An object's two dimensional velocity is given by #v(t) = ( t^3, t-t^2sin(pi/8)t)#. What is the object's rate and direction of acceleration at #t=12 #?

1 Answer
Jul 31, 2017

#a = 462# #"LT"^-2#

#theta = -20.8^"o"#

Explanation:

We're asked to find the magnitude and direction of the acceleration of an object at a certain time, given the velocity equations as functions of time.
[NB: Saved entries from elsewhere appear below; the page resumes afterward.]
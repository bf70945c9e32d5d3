//! The shares of the parts of a composite.
ghost use Rattle.std.specs.Prelude.{◌≡◌, ◌≤◌, ◌*◌, ◌/◌, IfOk, IfSome, codes, map, option_map};
ghost use Rattle.toml.specs.Data.{get_member};
ghost use Rattle.toml.specs.View.{view, table_view, items_view};
ghost use Rattle.tsc_config.specs.PolicyOrder as orders;
ghost use Rattle.tsc_config.specs.Values as spec;

use crate::settings_values::{items_at, natural_at};
use config_faults::{is_text_at, member, order_fault};
use otlp_types::{List, Text, TryClone};
use policy_tree::{Join, Limit, Policy, PolicyKind};
use std::alloc::{AllocError, Global};
use toml::{Table, Value};

/// The parts of a composite as they are asked, each within its share, by the value at the key of its settings.
pub fn composite_of(
    alloc: Global,
    table: &Table,
    parts: List<Policy>,
) -> Result<List<Policy>, AllocError>
    ensures { IfOk result (λ list. list ≡ spec.composite_of (get_member (codes "composite") (table_view table.now)) parts) }
{
    match member(table, "composite") {
        Some(value) => shares_by(alloc, value, parts),
        None => Ok(List::new(alloc)),
    }
}

fn shares_by(alloc: Global, value: &Value, parts: List<Policy>) -> Result<List<Policy>, AllocError>
    ensures { IfOk result (λ list. list ≡ spec.composite_of (Some (view value.now)) parts) }
{
    match value {
        Value::Table(settings) => shares_of(alloc, settings, parts),
        _ => Ok(List::new(alloc)),
    }
}

fn shares_of(
    alloc: Global,
    settings: &Table,
    parts: List<Policy>,
) -> Result<List<Policy>, AllocError>
    ensures { IfOk result (λ list. list ≡ spec.shares_of (table_view settings.now) parts) }
{
    let total = natural_at(settings, "max_total_spans_per_second");
    let count = parts.len() as u64;
    let allocations = items_at(settings, "rate_allocation");
    let parts = parts.as_slice();
    match order_of(settings) {
        Some(Value::Array(order)) => {
            shares_by_order(alloc, total, count, allocations, order.as_slice(), parts)
        }
        _ => shares_as_written(alloc, total, count, allocations, parts),
    }
}

/// What stands at the key of the order.
fn order_of(settings: &Table) -> Option<&Value>
    ensures { option_map (λ v. view v.now) result ≡ spec.order_of (table_view settings.now) }
{
    // One with a fault is passed over, so that no fault of the policies follows from it.
    match order_fault(Join::FirstMatch, settings) {
        None => member(settings, "policy_order"),
        Some(_) => None,
    }
}

fn shares_as_written(
    alloc: Global,
    total: u64,
    count: u64,
    allocations: &[Value],
    parts: &[Policy],
) -> Result<List<Policy>, AllocError>
    ensures { IfOk result (λ list. list ≡ map (spec.within_share total count (items_view allocations.now)) parts.now) }
{
    let mut list = List::new(alloc);
    for part in parts {
        list.push(within_share(alloc, total, count, allocations, part)?)?;
    }
    Ok(list)
}

/// For each of these texts the first part that it names, within its share.
fn shares_by_order(
    alloc: Global,
    total: u64,
    count: u64,
    allocations: &[Value],
    order: &[Value],
    parts: &[Policy],
) -> Result<List<Policy>, AllocError>
    ensures { IfOk result (λ list. list ≡ map (spec.within_share total count (items_view allocations.now)) (orders.each_named (items_view order.now) parts.now)) }
{
    let mut list = List::new(alloc);
    for text in order {
        if let Some(part) = first_named(text, parts) {
            list.push(within_share(alloc, total, count, allocations, part)?)?;
        }
    }
    Ok(list)
}

fn first_named<'a>(text: &Value, parts: &'a [Policy]) -> Option<&'a Policy>
    ensures { option_map (λ part. part.now) result ≡ orders.first_named (view text.now) parts.now }
{
    for part in parts {
        if names(text, part) {
            return Some(part);
        }
    }
    None
}

/// Whether a text is the name of this policy.
fn names(text: &Value, policy: &Policy) -> bool
    ensures { result ≡ orders.names (view text.now) policy.now }
{
    match text {
        Value::String(text) => text.as_str() == policy.name.as_str(),
        _ => false,
    }
}

/// A part, one of `count`, within its share of the total in spans per second.
fn within_share(
    alloc: Global,
    total: u64,
    count: u64,
    allocations: &[Value],
    part: &Policy,
) -> Result<Policy, AllocError>
    ensures { IfOk result (λ share. share ≡ spec.within_share total count (items_view allocations.now) part.now) }
{
    let percent = percent_among(part.name.as_str(), allocations);
    // The total is no limiter: a share is at most 100 percent of it (D-036).
    let limiter = Policy {
        name: beside(alloc, part.name.as_str())?,
        kind: PolicyKind::Limiting(Limit::Spans {
            per_second: match percent {
                Some(percent) => percentage(total, percent),
                None => total / count.max(1),
            },
        }),
    };
    let mut policies = List::new(alloc);
    policies.push(part.try_clone(alloc)?)?;
    policies.push(limiter)?;
    Ok(Policy {
        name: part.name.try_clone(alloc)?,
        kind: PolicyKind::Joined {
            join: Join::Share,
            policies,
        },
    })
}

/// A name for a limiter beside a policy, which isn't that policy's.
fn beside(alloc: Global, name: &str) -> Result<Text, AllocError>
    ensures { IfOk result (λ text. text ≡ spec.beside name.now) }
{
    if name.is_empty() {
        Text::from_str(alloc, "limit")
    } else {
        Ok(Text::new(alloc))
    }
}

/// A percentage of the total, rounded down.
#[tactic(auto, using(crate::proofs::Shares::within_total))]
fn percentage(total: u64, percent: u64) -> u64
    requires { percent ≤ 100 }
    ensures { result ≡ total * percent / 100 }
{
    (u128::from(total) * u128::from(percent) / 100) as u64
}

/// The percentage of the part of that name, by the first of these items that tells it.
fn percent_among(name: &str, items: &[Value]) -> Option<u64>
    ensures percent { result ≡ spec.percent_among name.now (items_view items.now) }
    ensures within { IfSome result (λ percent. percent ≤ 100) }
{
    // The first that names the part counts; one that names no part counts for nothing (D-037).
    for item in items {
        if let Some(percent) = percent_by(name, item) {
            return Some(percent);
        }
    }
    None
}

fn percent_by(name: &str, item: &Value) -> Option<u64>
    ensures percent { result ≡ spec.percent_by name.now (view item.now) }
    ensures within { IfSome result (λ percent. percent ≤ 100) }
{
    match item {
        Value::Table(table) if is_text_at(name, table, "policy") => percent_at(table),
        _ => None,
    }
}

fn percent_at(table: &Table) -> Option<u64>
    ensures percent { result ≡ spec.percent_value (get_member (codes "percent") (table_view table.now)) }
    ensures within { IfSome result (λ percent. percent ≤ 100) }
{
    match member(table, "percent") {
        Some(Value::Integer(number)) if 1 <= *number && *number <= 100 => Some(*number as u64),
        _ => None,
    }
}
To do this, we need to find the acceleration of the object as a suction of #t#, by differentiating the velocity component equations.

We're given:

#v_x(t) = t^3#

#v_y(t) = t-t^2sin(pi/8)t#

So

#a_x(t) = d/(dt) [t^3] = ul(3t^2#

#a_y(t) = d/(dt) [t-t^2sin(pi/8)t] = ul(1-3t^2sin(pi/8)#

Now, we plug in #t = 12#:

#a_x = 3(12)^2 = ul(432#

#a_y = 1-3(12)^2sin(pi/8) = ul(-164#

The magnitude of the acceleration is thus

#a = sqrt((a_x)^2 + (a_y)^2) = sqrt((432)^2 + (-164)^2)#

#= color(red)(ul(462color(white)(l)"LT"^-2#

(the #"LT"^-2# term is the dimensional form of the units for acceleration; I used it here since no units were given)

The direction is

#theta = arctan((a_y)/(a_x)) = arctan((-164)/(432)) = color(blue)(ul(-20.8^"o"#

Always be sure to check your arctangent calculation, as it could be #180^"o"# off!